*** Opening Provided records ***
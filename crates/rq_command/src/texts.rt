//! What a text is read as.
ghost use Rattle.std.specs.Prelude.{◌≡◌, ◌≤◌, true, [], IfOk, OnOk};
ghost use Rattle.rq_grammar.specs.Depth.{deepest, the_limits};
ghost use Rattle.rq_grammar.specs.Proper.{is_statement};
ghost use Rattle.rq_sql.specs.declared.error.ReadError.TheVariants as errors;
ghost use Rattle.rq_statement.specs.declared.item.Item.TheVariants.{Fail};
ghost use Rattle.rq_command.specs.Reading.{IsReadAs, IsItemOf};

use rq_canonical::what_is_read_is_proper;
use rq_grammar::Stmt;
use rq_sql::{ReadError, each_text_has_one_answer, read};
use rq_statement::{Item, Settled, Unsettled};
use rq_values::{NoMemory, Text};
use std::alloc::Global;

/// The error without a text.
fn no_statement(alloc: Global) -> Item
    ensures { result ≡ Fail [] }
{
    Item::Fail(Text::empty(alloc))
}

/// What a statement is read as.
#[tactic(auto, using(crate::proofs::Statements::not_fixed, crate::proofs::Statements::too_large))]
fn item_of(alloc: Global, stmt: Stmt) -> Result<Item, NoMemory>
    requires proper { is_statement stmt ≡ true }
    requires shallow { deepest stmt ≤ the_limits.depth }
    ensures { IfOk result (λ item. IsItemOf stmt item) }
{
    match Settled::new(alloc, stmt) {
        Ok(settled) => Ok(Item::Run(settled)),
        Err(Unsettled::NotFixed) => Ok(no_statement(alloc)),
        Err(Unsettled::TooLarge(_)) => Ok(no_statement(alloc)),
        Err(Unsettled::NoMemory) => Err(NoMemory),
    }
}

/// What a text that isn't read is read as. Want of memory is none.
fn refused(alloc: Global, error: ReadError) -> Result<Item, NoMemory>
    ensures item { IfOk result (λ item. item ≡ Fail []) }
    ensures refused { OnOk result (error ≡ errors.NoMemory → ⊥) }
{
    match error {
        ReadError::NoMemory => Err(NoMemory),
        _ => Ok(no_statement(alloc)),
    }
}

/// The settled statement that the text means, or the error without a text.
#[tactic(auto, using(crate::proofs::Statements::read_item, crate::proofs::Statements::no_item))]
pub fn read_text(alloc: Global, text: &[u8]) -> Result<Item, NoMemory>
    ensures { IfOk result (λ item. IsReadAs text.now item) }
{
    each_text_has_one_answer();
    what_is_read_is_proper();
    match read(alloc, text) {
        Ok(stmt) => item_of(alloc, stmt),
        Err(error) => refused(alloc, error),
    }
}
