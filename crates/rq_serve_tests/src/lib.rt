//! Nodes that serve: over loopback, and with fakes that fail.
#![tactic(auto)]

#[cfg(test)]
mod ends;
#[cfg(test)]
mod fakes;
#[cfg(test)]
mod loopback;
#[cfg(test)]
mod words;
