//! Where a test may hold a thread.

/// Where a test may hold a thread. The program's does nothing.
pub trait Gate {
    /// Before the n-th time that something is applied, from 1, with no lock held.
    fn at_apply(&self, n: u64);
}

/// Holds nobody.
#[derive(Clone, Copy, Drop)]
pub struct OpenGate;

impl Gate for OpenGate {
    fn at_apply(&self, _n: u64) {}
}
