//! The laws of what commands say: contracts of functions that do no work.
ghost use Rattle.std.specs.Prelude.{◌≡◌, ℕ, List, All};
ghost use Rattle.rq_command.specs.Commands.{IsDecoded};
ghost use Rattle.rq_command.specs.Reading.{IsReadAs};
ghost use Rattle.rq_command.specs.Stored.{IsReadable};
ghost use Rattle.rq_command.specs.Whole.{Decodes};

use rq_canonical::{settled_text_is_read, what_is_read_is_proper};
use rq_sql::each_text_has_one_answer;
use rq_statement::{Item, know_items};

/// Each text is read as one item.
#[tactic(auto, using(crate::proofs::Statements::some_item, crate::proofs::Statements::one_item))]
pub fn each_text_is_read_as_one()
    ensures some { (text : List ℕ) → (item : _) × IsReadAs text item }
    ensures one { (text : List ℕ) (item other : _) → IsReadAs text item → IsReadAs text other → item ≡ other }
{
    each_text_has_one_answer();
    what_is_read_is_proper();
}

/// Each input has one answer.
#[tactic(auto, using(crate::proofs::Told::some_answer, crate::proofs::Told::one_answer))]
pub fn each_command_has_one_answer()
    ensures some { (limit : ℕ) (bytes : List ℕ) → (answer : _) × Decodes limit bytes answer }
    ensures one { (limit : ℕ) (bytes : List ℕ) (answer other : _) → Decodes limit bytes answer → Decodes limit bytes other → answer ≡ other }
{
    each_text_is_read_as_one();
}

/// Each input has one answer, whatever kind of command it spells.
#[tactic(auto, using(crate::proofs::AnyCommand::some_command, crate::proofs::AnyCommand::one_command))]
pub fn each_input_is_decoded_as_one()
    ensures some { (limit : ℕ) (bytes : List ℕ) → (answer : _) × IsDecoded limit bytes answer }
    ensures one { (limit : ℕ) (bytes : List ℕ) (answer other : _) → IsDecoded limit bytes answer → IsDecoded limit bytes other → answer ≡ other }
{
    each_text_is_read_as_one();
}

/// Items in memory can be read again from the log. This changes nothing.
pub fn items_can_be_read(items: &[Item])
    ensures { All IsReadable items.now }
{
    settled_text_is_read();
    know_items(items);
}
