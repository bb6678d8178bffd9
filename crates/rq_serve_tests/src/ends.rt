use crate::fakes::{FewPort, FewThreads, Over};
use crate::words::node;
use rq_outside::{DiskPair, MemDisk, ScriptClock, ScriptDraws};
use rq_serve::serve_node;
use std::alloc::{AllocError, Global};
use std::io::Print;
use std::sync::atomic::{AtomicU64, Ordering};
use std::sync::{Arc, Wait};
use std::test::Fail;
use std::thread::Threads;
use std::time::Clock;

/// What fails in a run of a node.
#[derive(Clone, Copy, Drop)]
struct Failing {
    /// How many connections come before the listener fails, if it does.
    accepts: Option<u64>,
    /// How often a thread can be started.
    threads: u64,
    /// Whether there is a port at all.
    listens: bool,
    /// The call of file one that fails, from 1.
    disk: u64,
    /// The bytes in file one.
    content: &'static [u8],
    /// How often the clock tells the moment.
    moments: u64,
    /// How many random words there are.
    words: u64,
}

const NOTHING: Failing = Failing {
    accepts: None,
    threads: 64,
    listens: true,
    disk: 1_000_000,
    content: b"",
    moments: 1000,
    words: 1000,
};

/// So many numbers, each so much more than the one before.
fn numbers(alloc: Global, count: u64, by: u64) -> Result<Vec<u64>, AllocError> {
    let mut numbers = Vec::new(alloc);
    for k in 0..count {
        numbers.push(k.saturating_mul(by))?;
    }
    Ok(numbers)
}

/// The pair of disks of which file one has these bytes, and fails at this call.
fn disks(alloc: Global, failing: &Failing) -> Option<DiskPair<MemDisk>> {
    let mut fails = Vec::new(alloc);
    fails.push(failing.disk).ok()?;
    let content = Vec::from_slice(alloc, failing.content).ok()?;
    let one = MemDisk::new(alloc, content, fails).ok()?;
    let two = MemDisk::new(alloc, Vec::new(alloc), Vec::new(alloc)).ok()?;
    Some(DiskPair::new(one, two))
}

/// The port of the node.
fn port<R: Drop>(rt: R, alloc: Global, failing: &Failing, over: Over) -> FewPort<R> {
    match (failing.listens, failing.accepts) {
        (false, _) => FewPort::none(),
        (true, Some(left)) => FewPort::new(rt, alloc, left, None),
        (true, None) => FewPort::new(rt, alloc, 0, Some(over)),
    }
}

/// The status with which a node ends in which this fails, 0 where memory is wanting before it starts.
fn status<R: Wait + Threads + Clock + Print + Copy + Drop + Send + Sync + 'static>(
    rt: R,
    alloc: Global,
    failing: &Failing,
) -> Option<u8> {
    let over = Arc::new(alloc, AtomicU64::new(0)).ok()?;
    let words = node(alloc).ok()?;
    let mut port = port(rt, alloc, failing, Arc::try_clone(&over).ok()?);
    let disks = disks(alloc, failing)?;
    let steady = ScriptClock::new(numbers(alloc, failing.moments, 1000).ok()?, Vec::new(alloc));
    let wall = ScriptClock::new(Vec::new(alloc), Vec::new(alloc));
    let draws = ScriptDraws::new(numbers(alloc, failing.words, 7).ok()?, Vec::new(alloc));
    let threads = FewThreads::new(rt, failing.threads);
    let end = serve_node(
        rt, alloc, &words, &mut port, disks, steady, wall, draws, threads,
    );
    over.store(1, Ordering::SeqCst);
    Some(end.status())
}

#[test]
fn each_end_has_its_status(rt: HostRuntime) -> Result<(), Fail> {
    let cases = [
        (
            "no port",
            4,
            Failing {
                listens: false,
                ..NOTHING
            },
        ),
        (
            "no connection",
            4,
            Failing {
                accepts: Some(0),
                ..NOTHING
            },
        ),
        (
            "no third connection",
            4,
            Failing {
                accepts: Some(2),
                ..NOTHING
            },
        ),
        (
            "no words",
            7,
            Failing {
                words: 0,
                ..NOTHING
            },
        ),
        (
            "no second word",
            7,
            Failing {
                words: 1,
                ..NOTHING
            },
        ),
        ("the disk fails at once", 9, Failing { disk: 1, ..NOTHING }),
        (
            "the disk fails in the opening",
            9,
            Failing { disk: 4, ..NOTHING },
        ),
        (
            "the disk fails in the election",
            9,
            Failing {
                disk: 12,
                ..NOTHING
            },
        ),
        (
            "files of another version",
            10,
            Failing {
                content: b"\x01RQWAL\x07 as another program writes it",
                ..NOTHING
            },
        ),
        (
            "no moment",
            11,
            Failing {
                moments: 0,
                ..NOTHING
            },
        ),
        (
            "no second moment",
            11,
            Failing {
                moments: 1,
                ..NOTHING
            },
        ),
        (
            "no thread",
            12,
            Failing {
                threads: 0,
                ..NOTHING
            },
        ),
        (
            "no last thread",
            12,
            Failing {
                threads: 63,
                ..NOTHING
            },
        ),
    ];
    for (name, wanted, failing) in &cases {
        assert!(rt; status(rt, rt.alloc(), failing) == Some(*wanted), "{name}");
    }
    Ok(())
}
*** Closing Provided records ***
- Activity
Only the number is needed: please work out how many lines in the data contain the string "OpenGate".

- Response area
2